# pb de clavier



## mauizu (3 Avril 2010)

Bonjour, je ne sais pas ce que j'ai trafiqué mais je n'arrive plus à faire l'arobase,quand je fait "altgr" et le signe arobase ça me fait ça ø

---------- Nouveau message ajouté à 19h44 ---------- Le message précédent a été envoyé à 19h43 ----------

et dans le pavé numérique,le point fait une virgule=et le point d'exclamation,ça=


----------



## mauizu (4 Avril 2010)

Rebonjour, personne ne verrait une solution à mon problème?


----------



## houlala63 (4 Avril 2010)

Bonjour !

Essayez cette manip'
Préférences systèmes -> Langue et texte ->Onglet Méthode de saisie 

(_Par hasard ce ne serait pas la case suisse roman/belge ou canadien qui serait coché ?_)

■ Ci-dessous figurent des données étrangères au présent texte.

//! The operators of scripts on two values.

ghost use Rattle.std.specs.Prelude.{◌≡◌, ◌+ℤ◌, ◌-ℤ◌, ◌*ℤ◌, int_div, int_rem, pos, not, IfErr, IfOk, IfSome, Err, Ok};
ghost use Rattle.uq_value.specs.Number.{number as spec_number};
ghost use Rattle.uq_value.specs.Order.{order as spec_order};
ghost use Rattle.uq_value.specs.declared.value.Value.{Value};
ghost use Rattle.jx9_meaning.specs.Expression.{shown as spec_shown, stepped};
ghost use Rattle.jx9_meaning.specs.Operators.{arithmetic, checked, compared, divided, is_above, is_below, operate as spec_operate};
ghost use Rattle.jx9_vm.specs.Operating.{both_numbers, value_of, whole_or_overflow};

use jx9_meaning::FaultKind;
use jx9_syntax::{Binary, Step};
use std::cmp::Ordering;
use uq_value::{Value, loose_same, number, order, same};

/// A number or a truth value, which needs no memory.
#[derive(Drop)]
pub(crate) enum Plain {
    Number(i64),
    Truth(bool),
}

/// What an operator gives on two numbers, None where it faults, or is one of those that are left to `operate`.
#[tactic(auto, unfolding(jx9_meaning::specs::Operators::operate))]
#[inline(always)]
pub(crate) fn operate_numbers(operator: Binary, x: i64, y: i64) -> Option<Plain>
    ensures { IfSome result (λ plain. spec_operate operator (Value.Int x) (Value.Int y) ≡ Ok (value_of plain)) }
{
    match operator {
        Binary::Add => plain_sum(x, y),
        Binary::Subtract => plain_difference(x, y),
        Binary::Less => Some(Plain::Truth(matches!(x.cmp(&y), Ordering::Less))),
        Binary::LessOrEqual => Some(Plain::Truth(!matches!(x.cmp(&y), Ordering::Greater))),
        Binary::Greater => Some(Plain::Truth(matches!(x.cmp(&y), Ordering::Greater))),
        Binary::GreaterOrEqual => Some(Plain::Truth(!matches!(x.cmp(&y), Ordering::Less))),
        _ => None,
    }
}

#[inline(always)]
fn plain_sum(x: i64, y: i64) -> Option<Plain>
    ensures { IfSome result (λ plain. checked (x +ℤ y) ≡ Ok (value_of plain)) }
{
    match x.checked_add(y) {
        Some(z) => Some(Plain::Number(z)),
        None => None,
    }
}

#[inline(always)]
fn plain_difference(x: i64, y: i64) -> Option<Plain>
    ensures { IfSome result (λ plain. checked (x -ℤ y) ≡ Ok (value_of plain)) }
{
    match x.checked_sub(y) {
        Some(z) => Some(Plain::Number(z)),
        None => None,
    }
}

/// The operator on two values: its value, or its fault.
#[tactic(auto, unfolding(jx9_meaning::specs::Operators::operate))]
pub(crate) fn operate(operator: Binary, left: &Value, right: &Value) -> Result<Value, FaultKind>
    ensures { result ≡ spec_operate operator left.now right.now }
{
    match operator {
        Binary::Add => sum(left, right),
        Binary::Subtract => difference(left, right),
        Binary::Multiply => product(left, right),
        Binary::Divide => quotient(left, right),
        Binary::Remainder => remainder(left, right),
        Binary::Equal => Ok(Value::Bool(loose_same(left, right))),
        Binary::NotEqual => Ok(Value::Bool(!loose_same(left, right))),
        Binary::Same => Ok(Value::Bool(same(left, right))),
        Binary::NotSame => Ok(Value::Bool(!same(left, right))),
        Binary::Less => less(left, right),
        Binary::LessOrEqual => less_or_equal(left, right),
        Binary::Greater => greater(left, right),
        Binary::GreaterOrEqual => greater_or_equal(left, right),
    }
}

/// The numbers of both values.
fn numbers(left: &Value, right: &Value) -> Result<(i64, i64), FaultKind>
    ensures { result ≡ both_numbers (spec_number left.now) (spec_number right.now) }
{
    match number(left) {
        None => Err(FaultKind::NotNumber),
        Some(x) => match number(right) {
            None => Err(FaultKind::NotNumber),
            Some(y) => Ok((x, y)),
        },
    }
}

fn sum(left: &Value, right: &Value) -> Result<Value, FaultKind>
    ensures { result ≡ arithmetic (λ x y. checked (x +ℤ y)) (spec_number left.now) (spec_number right.now) }
{
    match numbers(left, right) {
        Ok((x, y)) => whole(x.checked_add(y)),
        Err(kind) => Err(kind),
    }
}

fn difference(left: &Value, right: &Value) -> Result<Value, FaultKind>
    ensures { result ≡ arithmetic (λ x y. checked (x -ℤ y)) (spec_number left.now) (spec_number right.now) }
{
    match numbers(left, right) {
        Ok((x, y)) => whole(x.checked_sub(y)),
        Err(kind) => Err(kind),
    }
}

fn product(left: &Value, right: &Value) -> Result<Value, FaultKind>
    ensures { result ≡ arithmetic (λ x y. checked (x *ℤ y)) (spec_number left.now) (spec_number right.now) }
{
    match numbers(left, right) {
        Ok((x, y)) => whole(x.checked_mul(y)),
        Err(kind) => Err(kind),
    }
}

fn quotient(left: &Value, right: &Value) -> Result<Value, FaultKind>
    ensures { result ≡ arithmetic (divided int_div) (spec_number left.now) (spec_number right.now) }
{
    match numbers(left, right) {
        Ok((x, y)) => truncated(x, y),
        Err(kind) => Err(kind),
    }
}

fn remainder(left: &Value, right: &Value) -> Result<Value, FaultKind>
    ensures { result ≡ arithmetic (divided int_rem) (spec_number left.now) (spec_number right.now) }
{
    match numbers(left, right) {
        Ok((x, y)) => rest(x, y),
        Err(kind) => Err(kind),
    }
}

/// A quotient, truncated towards zero.
fn truncated(x: i64, y: i64) -> Result<Value, FaultKind>
    ensures { result ≡ divided int_div x y }
{
    if y == 0 {
        return Err(FaultKind::ZeroDivisor);
    }
    whole(x.checked_div(y))
}

/// What a truncated quotient leaves. By -1 it is 0, also of the least number.
fn rest(x: i64, y: i64) -> Result<Value, FaultKind>
    ensures { result ≡ divided int_rem x y }
{
    if y == 0 {
        return Err(FaultKind::ZeroDivisor);
    }
    if y == -1 {
        return Ok(Value::Int(0));
    }
    Ok(Value::Int(x % y))
}

/// The value of a number that was in range.
fn whole(number: Option<i64>) -> Result<Value, FaultKind>
    ensures { result ≡ whole_or_overflow number }
{
    match number {
        Some(z) => Ok(Value::Int(z)),
        None => Err(FaultKind::Overflow),
    }
}

fn less(left: &Value, right: &Value) -> Result<Value, FaultKind>
    ensures { result ≡ compared is_below (spec_order left.now right.now) }
{
    match order(left, right) {
        None => Err(FaultKind::NotNumber),
        Some(order) => Ok(Value::Bool(matches!(order, Ordering::Less))),
    }
}

fn less_or_equal(left: &Value, right: &Value) -> Result<Value, FaultKind>
    ensures { result ≡ compared (λ o. not (is_above o)) (spec_order left.now right.now) }
{
    match order(left, right) {
        None => Err(FaultKind::NotNumber),
        Some(order) => Ok(Value::Bool(!matches!(order, Ordering::Greater))),
    }
}

fn greater(left: &Value, right: &Value) -> Result<Value, FaultKind>
    ensures { result ≡ compared is_above (spec_order left.now right.now) }
{
    match order(left, right) {
        None => Err(FaultKind::NotNumber),
        Some(order) => Ok(Value::Bool(matches!(order, Ordering::Greater))),
    }
}

fn greater_or_equal(left: &Value, right: &Value) -> Result<Value, FaultKind>
    ensures { result ≡ compared (λ o. not (is_below o)) (spec_order left.now right.now) }
{
    match order(left, right) {
        None => Err(FaultKind::NotNumber),
        Some(order) => Ok(Value::Bool(!matches!(order, Ordering::Less))),
    }
}

/// The number after `++` or `--`.
pub(crate) fn step_from(step: Step, old: i64) -> Result<i64, FaultKind>
    ensures ok { IfOk result (λ new. spec_operate (stepped step) (Value.Int old) (Value.Int (pos 1)) ≡ Ok (Value.Int new)) }
    ensures fault { IfErr result (λ kind. spec_operate (stepped step) (Value.Int old) (Value.Int (pos 1)) ≡ Err kind) }
{
    match step {
        Step::IncrementFirst | Step::IncrementAfter => in_range(old.checked_add(1)),
        Step::DecrementFirst | Step::DecrementAfter => in_range(old.checked_sub(1)),
    }
}

/// A number that was in range.
fn in_range(number: Option<i64>) -> Result<i64, FaultKind>
    ensures ok { IfOk result (λ z. whole_or_overflow number ≡ Ok (Value.Int z)) }
    ensures fault { IfErr result (λ kind. whole_or_overflow number ≡ Err kind) }
{
    match number {
        Some(z) => Ok(z),
        None => Err(FaultKind::Overflow),
    }
}

/// The number that `++` or `--` shows: the new one before its place, the old one behind it.
pub(crate) fn shown(step: Step, old: i64, new: i64) -> Value
    ensures { result ≡ spec_shown step (Value.Int old) (Value.Int new) }
{
    match step {
        Step::IncrementFirst | Step::DecrementFirst => Value::Int(new),
        Step::IncrementAfter | Step::DecrementAfter => Value::Int(old),
    }
}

Si c'est bien cela décochez cette case 
veillez à ce que Français numérique soit bien coché et tout rentrera dans l'ordre.


----------



## PA5CAL (4 Avril 2010)

Bonsoir



Il n'y a pas de touche "AltGr" sur les Macs. Le "point" du pavé numérique donne normalement une virgule, et le caractère ø est sur la touche utilisée pour le @ sur les clavier de PC (AZERTY français)...

Alors, peut-être pourrais-tu préciser quel clavier tu utilises.


----------